Example: Husband's will contains a formula bequest of $675,000 to a credit shelter trust. The will provides that the difference between the federal estate tax exemption and the lower state death tax exemption passes to a QTIP trust. The residuary estate passes to the surviving spouse. Husband, a New Jersey resident, dies in 2002. After Husband's death, the QTIP trust is funded with the difference between the New Jersey exemption ($675,000) and the $1 million federal exemption. In order to avoid state death tax, the executor of Husband's estate elects to qualify the QTIP trust for the marital deduction. Wife dies in 2004. Her executor does not include the QTIP trust in her gross estate. Instead, the executor claims relief under Rev. Proc. 2001-38, pointing out that the QTIP election in Husband's estate was not necessary to reduce Husband's federal estate tax to zero.
By using Rev. Proc. 2001-38, is the family able to “have its cake and eat it too.”? Does the Rev. Proc. mean that the QTIP election can be used to avoid state death tax on the first death, while the QTIP trust is still excluded from the surviving spouse's estate? Probably not. When a taxpayer obtains relief under the Rev. Proc., the QTIP election is disregarded for all purposes, including for purposes of the marital deduction in the first spouse's estate. Reversing the marital deduction may not incur any federal estate tax in the first estate. But without that deduction, state estate tax would have been imposed. State tax authorities, upon learning of an application for relief under the Rev. Proc., will likely assert a claim for tax in the first spouse's estate, along with interest and any other additions to tax.

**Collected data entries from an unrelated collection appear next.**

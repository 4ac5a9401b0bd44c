ghost use Rattle.std.specs.Prelude.{◌≡◌};

use kabi_types::{Cached, Entry};

/// What a process's call came to, without how it came out.
#[derive(Clone, Copy, PartialEq)]
pub enum Deed {
    /// The call is over, with some reply.
    Done,
    /// A write moved some bytes, and goes on.
    Part,
    /// The call was answered ENOMEM, since the heap can never give its bound.
    Refused,
    /// The call would block.
    Slept,
    /// The process ended in its call, with some status.
    Ended,
    /// The call was given up, since its process had ended.
    Gone,
}

/// What somebody says that came next in a history: who did what, without how it came out. The machine knows the rest.
#[derive(Clone, Copy, PartialEq)]
pub enum Claim {
    /// The call of the process came to this.
    Did { pid: u32, deed: Deed },
    /// The process was ended, so that the call of `waiter` may fit.
    Killed { pid: u32, waiter: u32 },
    /// An object of this cache went.
    Evicted { what: Cached },
}

impl Claim {
    ghost use Rattle.run_pasts.specs.Claims.{claim_of_entry};

    /// What an entry says, without how it came out.
    pub fn of(entry: &Entry) -> Claim
        ensures { result ≡ claim_of_entry entry.now }
    {
        match entry {
            Entry::Done { pid, .. } => did(*pid, Deed::Done),
            Entry::Part { pid, .. } => did(*pid, Deed::Part),
            Entry::Refused { pid, .. } => did(*pid, Deed::Refused),
            Entry::Slept { pid, .. } => did(*pid, Deed::Slept),
            Entry::Ended { pid, .. } => did(*pid, Deed::Ended),
            Entry::Gone { pid, .. } => did(*pid, Deed::Gone),
            Entry::Killed { pid, waiter, .. } => Claim::Killed {
                pid: *pid,
                waiter: *waiter,
            },
            Entry::Evicted { what } => Claim::Evicted { what: *what },
        }
    }
}

fn did(pid: u32, deed: Deed) -> Claim
    ensures { result ≡ Claim.Did pid deed }
{
    Claim::Did { pid, deed }
}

INTERESTING IDEA, BUT THE STATE AND FEDERAL GOVERNMENTS WOULD NOT ALLOW THIS 2001 REV. PROC. TO BOTH MAXIMIZE FEDERAL ESTATE TAX SAVINGS AND AVOID A STATE DEATH TAX AT BOTH FIRST AND SECOND DEATH.

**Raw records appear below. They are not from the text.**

//! The text that is printed.

ghost use Rattle.std.specs.Prelude.{◌≡◌, ◌∷◌, [], None, Some, ◌<◌, string_bytes, decimal, MatchResult};
ghost use Rattle.std.specs.Fmt.{signed_decimal};
ghost use Rattle.posix_defs.specs.Canonical.{digits_of};
ghost use Rattle.script_print.specs.Printing.{Adds};

use kabi_types::Memory;
use std::alloc::{AllocError, Global};
use std::marker::Model;

/// A text that grows. Where the host has no memory for a part of it, the text isn't whole from then on, which is told at
/// its end: so nothing that adds to it has to ask.
#[derive(Drop)]
pub struct Output {
    text: String,
    is_whole: bool,
}

impl Model for Output {
    ghost use Rattle.std.specs.Prelude.{ℕ, List, Option, string_bytes};
    ghost use Rattle.script_print.specs.Printing.{whole_text};

    ghost Value = { Option (List ℕ) };

    ghost view = { λ o. whole_text o.is_whole (string_bytes o.text) };
}

impl Output {
    /// No text yet.
    pub fn new(alloc: Global) -> Output
        ensures { result ≡ Some [] }
    {
        Output {
            text: String::new(alloc),
            is_whole: true,
        }
    }

    /// Adds a text.
    pub fn push(&mut self, text: &str)
        ensures { Adds self.old text.now self.new }
    {
        if self.text.push_str(text).is_err() {
            self.is_whole = false;
        }
    }

    /// Adds a byte below 128 as the character that it is.
    pub fn push_char(&mut self, byte: u8)
        requires { byte < 128 }
        ensures { Adds self.old (byte ∷ []) self.new }
    {
        if self.text.push(char::from(byte)).is_err() {
            self.is_whole = false;
        }
    }

    /// Adds a number.
    pub fn push_number(&mut self, number: u64)
        ensures { Adds self.old (decimal number) self.new }
    {
        if write!(self.text, "{number}").is_err() {
            self.is_whole = false;
        }
    }

    /// Adds a number with its sign.
    pub fn push_signed(&mut self, number: i64)
        ensures { Adds self.old (signed_decimal number) self.new }
    {
        if write!(self.text, "{number}").is_err() {
            self.is_whole = false;
        }
    }

    /// Adds the escape of a byte by its two hexadecimal digits.
    pub fn push_escape(&mut self, byte: u8)
        ensures { Adds self.old (digits_of byte) self.new }
    {
        let (high, low) = (byte / 16, byte % 16);
        if write!(self.text, "\\x{high:x}{low:x}").is_err() {
            self.is_whole = false;
        }
    }

    /// The text, if it is whole; an error just where it isn't.
    pub fn finish(self) -> Result<String, Memory>
        ensures { MatchResult result (λ text. self ≡ Some (string_bytes text)) (λ _. self ≡ None) }
    {
        if self.is_whole {
            Ok(self.text)
        } else {
            Err(Memory)
        }
    }
}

IN ADDITION TO THE ABOVE, STEVE AND I HAVE RECENTLY ADDED LANGUAGE TO THE MJ AND MS TRUSTS THAT ALLOW THE SPECIAL CO-TRUSTEE TO DISREGARD THE STATED FUNDING FORMULA IN ORDER TO OVER- OR UNDER-FUND THE FAMILY TRUST AT FIRST DEATH TO ACHIEVE THE GREATEST OVER TAX SAVINGS FROM BOTH FEDERAL AND STATE DEATH TAXES. THIS WILL OFTEN TIMES MEAN PAYING A SMALL STATE DEATH TAX AT FIRST DEATH IN ORDER TO ACHIEVE THE GREATEST OVERALL ESTATE TAX SAVINGS.
WHAT IS THAT OLD CHINESE PROVERB ABOUT LIVING IN INTERESTING TIMES?